Thursday, April 3, 2008

Xiu Xiu, The Conservatory, Oklahoma City, OK 4/2/08

I wasn’t even sure if I wanted to drive all the way to Oklahoma City last night after I got off work to see Xiu Xiu. The show started at 8:00, there were two openers so it would be late when I got back, and I would be driving upstream from Tulsa to OKC into pouring rain. But I decided I did want to go- got there early, and had a McD’s fish sandwich, and headed to the Conservatory.
I’d never been there before, and I know there are certainly dumpier concert venues that I don’t know of because I don’t go to that many shows, but this was a pretty good dive. It felt like an abandoned building- no ceiling, open air pipes hanging above you like in Super Mario Bros., scant lighting of only a few random bulbs or stage lights, and around my feet I think I could discern 4 different types of flooring in my 2 foot standing radius: broken up tile, scraped up tile, ripped up carpet, and concrete. Not necessarily saying this scores negative points for the venue, but it’s just all I have to look at for an hour because I discovered the show actually starts at 9:00.
There is a small record store right next door to the venue and I rummaged around in there for awhile. I ended up buying a Circulatory System CD because I think I heard Garz say that band was good some years ago! Anyways, Xiu Xiu came in the store and was looking around at stuff before the show too. I’ll just cut to the chase and say they came on stage around 11:00 and I don’t feel worthy of reviewing their music. I know Jamie Stewart has had more heart-wrenching experiences in life that I can only dream about and this emotion comes through in their music; someone I would say fits the definition of artist to the fuller definitions of the word. The tunes to my amateur ear seem to swell between Stewart’s fragile vocals and violent onslaughts of instrumental noise. Much of their music can be unsettling at times, like a brick thrown at you. At the beginning of the show they turned the house lights off and just had the colored stage lights, but Stewart quickly told the manager it was better with them on. So they played in the light and they could see us as much as we could see them, as starkly open and honest as the music itself.

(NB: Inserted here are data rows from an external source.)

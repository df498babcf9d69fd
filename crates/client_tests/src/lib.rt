//! Tests of what stands on the log beside pgwal: the map that it keeps, the log in programs that
//! are not Rattle's, and the lister for real folders. The crate itself is empty.
#![tactic(auto)]

#[cfg(test)]
mod embedded;
#[cfg(test)]
mod hosted;
#[cfg(test)]
mod listed;
#[cfg(test)]
mod map;
#[cfg(test)]
mod map_chain;
#[cfg(test)]
mod map_lanes;
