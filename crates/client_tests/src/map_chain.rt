//! A map's lives, one behind another, each with random changes and ended by a crash at a random
//! moment: the map that is found is compared with plain ones.

ghost use Rattle.std.specs.Prelude.{◌≡◌, ◌<◌, IfOk};
ghost use Rattle.durable_map.specs.Stores.{IsOpenMap};

use crate::map::{bytes, disk, open};
use durable_map::{DurableMap, MapCall, MapTold};
use segment_disk::{Disk, MemDisk, Pick};
use std::alloc::Global;
use std::process::Abort;
use std::sync::Wait;
use std::test::Fail;

const LIVES: u32 = 100;

// What eight keys have, 0 for nothing.
type Plain = [u8; 8];

// The map behind a change that was begun, and the moment at which this was answered.
#[derive(Clone, Copy)]
struct Behind {
    moment: u64,
    plain: Plain,
}

// A number below another one, by the next of a row of numbers that look random.
fn next(random: &mut u64, below: u64) -> u64
    requires { 0 < below }
    ensures { result < below }
{
    *random = random
        .wrapping_mul(6_364_136_223_846_793_005)
        .wrapping_add(1_442_695_040_888_963_407);
    (*random >> 33) % below
}

fn plain_of(map: &DurableMap<MemDisk>) -> Plain {
    let mut plain = [0; 8];
    for (key, value) in plain.iter_mut().enumerate() {
        *value = match map.get(&[key as u8]) {
            Some([value]) => *value,
            _ => 0,
        };
    }
    plain
}

// A key gets a value, or none where this is 0.
fn call_of(alloc: Global, key: u8, value: u8) -> Result<MapCall, Fail> {
    let key = bytes(alloc, &[key])?;
    if value == 0 {
        return Ok(MapCall::Del { key });
    }
    let value = bytes(alloc, &[value])?;
    Ok(MapCall::Set { key, value })
}

fn with_value(plain: Plain, key: u8, value: u8) -> Plain {
    let mut plain = plain;
    if let Some(slot) = plain.get_mut(key as usize) {
        *slot = value;
    }
    plain
}

// Sets or deletes a random key, as in the plain map.
fn change<R: Abort + Wait>(
    rt: &R,
    alloc: Global,
    map: &mut DurableMap<MemDisk>,
    plain: Plain,
    random: &mut u64,
) -> Result<Behind, Fail>
    requires { IsOpenMap map.old }
    ensures { IsOpenMap map.new }
{
    let key = next(random, 8) as u8;
    let value = next(random, 4) as u8;
    let call = call_of(alloc, key, value)?;
    match map.answer(rt, call) {
        MapTold::Changed(Ok(sealed)) => Ok(Behind {
            moment: sealed.moment,
            plain: with_value(plain, key, value),
        }),
        _ => Err(Fail::from("a change that is durable")),
    }
}

// Up to eight changes, and behind each the plain map. The first is that of the opening.
fn change_some<R: Abort + Wait>(
    rt: &R,
    alloc: Global,
    map: &mut DurableMap<MemDisk>,
    random: &mut u64,
) -> Result<Vec<Behind>, Fail>
    requires { IsOpenMap map.old }
    ensures { IfOk result (λ maps. IsOpenMap map.new) }
{
    let mut behind = Behind {
        moment: 0,
        plain: plain_of(map),
    };
    let mut maps = Vec::new(alloc);
    maps.push(behind)?;
    for _change in 0..next(random, 9) {
        behind = change(rt, alloc, map, behind.plain, random)?;
        maps.push(behind)?;
    }
    Ok(maps)
}

// Whether a map is one of these, from the last one on that was answered by a moment.
fn may_be_found(maps: &[Behind], moment: u64, found: Plain) -> bool {
    let mut may_be = false;
    for behind in maps {
        may_be = behind.plain == found || may_be && behind.moment > moment;
    }
    may_be
}

// A life: what a crash left is the map behind some change, and no answer by the crash's moment is
// of a later one.
fn live_on<R: Abort + Wait>(
    rt: &R,
    alloc: Global,
    disk: MemDisk,
    random: &mut u64,
) -> Result<MemDisk, Fail> {
    let mut map = open(alloc, disk)?;
    let maps = change_some(rt, alloc, &mut map, random)?;
    assert!(rt; matches!(maps.last(), Some(last) if last.plain == plain_of(&map)));
    let disk = map.close().disk;
    let moment = next(random, disk.moment().saturating_add(1).max(1));
    let pick = match next(random, 3) {
        0 => Pick::Old,
        1 => Pick::Odd,
        _ => Pick::New,
    };
    let again = open(alloc, disk.crash(alloc, moment, pick)?)?;
    assert!(rt; may_be_found(maps.as_slice(), moment, plain_of(&again)));
    Ok(again.close().disk)
}

#[test]
fn no_crash_of_a_chain_loses_an_answered_change(rt: HostRuntime) -> Result<(), Fail> {
    let alloc = rt.alloc();
    let mut random = 0;
    let mut disk = disk(alloc, 0)?;
    for _life in 0..LIVES {
        disk = live_on(&rt, alloc, disk, &mut random)?;
    }
    Ok(())
}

I was worried maybe the OKC crowd was lackluster for Xiu Xiu- there was genuine applause after songs, but what do you do in the interim before the next one? Cheer and holler to request the next brick? The venue almost got eerily silent in these intermissions. The stage was a festival of instruments, stuff that I don’t even know the names of. Stewart had a combination of like 5-6 cymbals and gongs in front of him, and a little snare or two. McElroy played keyboards, flutes, percussion, something that looked like an accordion. I won’t even try to chop up their material by throwing out abstract adjectives or comparisons, I wouldn’t do it justice. If you’ve heard the band I hope you know what I can’t fairly describe and if you don’t I do recommend their music. It is experimental but for me it consistently seems to have a purpose, not just weird for the sake of it. Is Xiu Xiu my new favorite band? Probably not, not if you mean exactly how many times I actually spin their records. Something like the Black Lips is obviously just an easier listen. But they are possibly one of my more admired or respected bands as musical artists. The performance hits hard and I am sure I don’t entirely get it, but I certainly appreciate it. I told Stewart thanks for the show as he was packing up his equipment, shook hands with him, and headed home, and I am really glad I went.